___ Material to process ___

//! Who asks for a task.
ghost use Rattle.std.specs.Prelude.{◌≡◌, IfOk};
ghost use Rattle.std.specs.Arc.{arc_value};

use dice_key::NoMemory;
use std::marker::Model;
use std::sync::Arc;

/// Who asks for a task: a promise, by its number, or another task, by its key.
#[derive(Drop)]
pub enum Asker<K> {
    Promise(u64),
    Task(Arc<K>),
}

/// Those who ask for a key: the numbers of the promises and the keys of the tasks, each in no
/// order. The table's numbers of these keys are in the order of the keys.
#[derive(Drop)]
pub struct Askers<'a, K> {
    pub promises: &'a [u64],
    pub tasks: &'a [Arc<K>],
    pub numbers: &'a [usize],
}

/// One task's wait for another, with the pointers that the table keeps of it, so that it can be
/// added without memory.
#[derive(Drop)]
pub struct Wait<K> {
    key: Arc<K>,
    asker: Arc<K>,
}

impl<K> Model for Wait<K> {
    ghost use Rattle.std.specs.Prelude.{◌≡◌};
    ghost use Rattle.std.specs.Arc.{arc_value};
    ghost use Rattle.task_share.specs.Asked.{WaitOf};

    ghost Value = { WaitOf K };

    ghost view = { λ w. record { key = arc_value w.key; asker = arc_value w.asker } };
}

impl<K> Wait<K> {
    /// The wait of the task of `asker` for that of `key`.
    pub fn new(key: &Arc<K>, asker: &Arc<K>) -> Result<Wait<K>, NoMemory>
    where
        K: Drop,
        ensures { IfOk result
            (λ w. w ≡ record { key = arc_value key.now; asker = arc_value asker.now }) }
    {
        Ok(Wait {
            key: Arc::try_clone(key)?,
            asker: Arc::try_clone(asker)?,
        })
    }

    /// The key that is waited for, and the key of the waiting task.
    pub fn into_parts(self) -> (Arc<K>, Arc<K>)
        ensures { (arc_value result.0 ≡ self.key) × (arc_value result.1 ≡ self.asker) }
    {
        (self.key, self.asker)
    }
}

___

What you are asked to do: Could you work out how many lines in the material contain the word "keys"? Reply with the number only.

Result: 2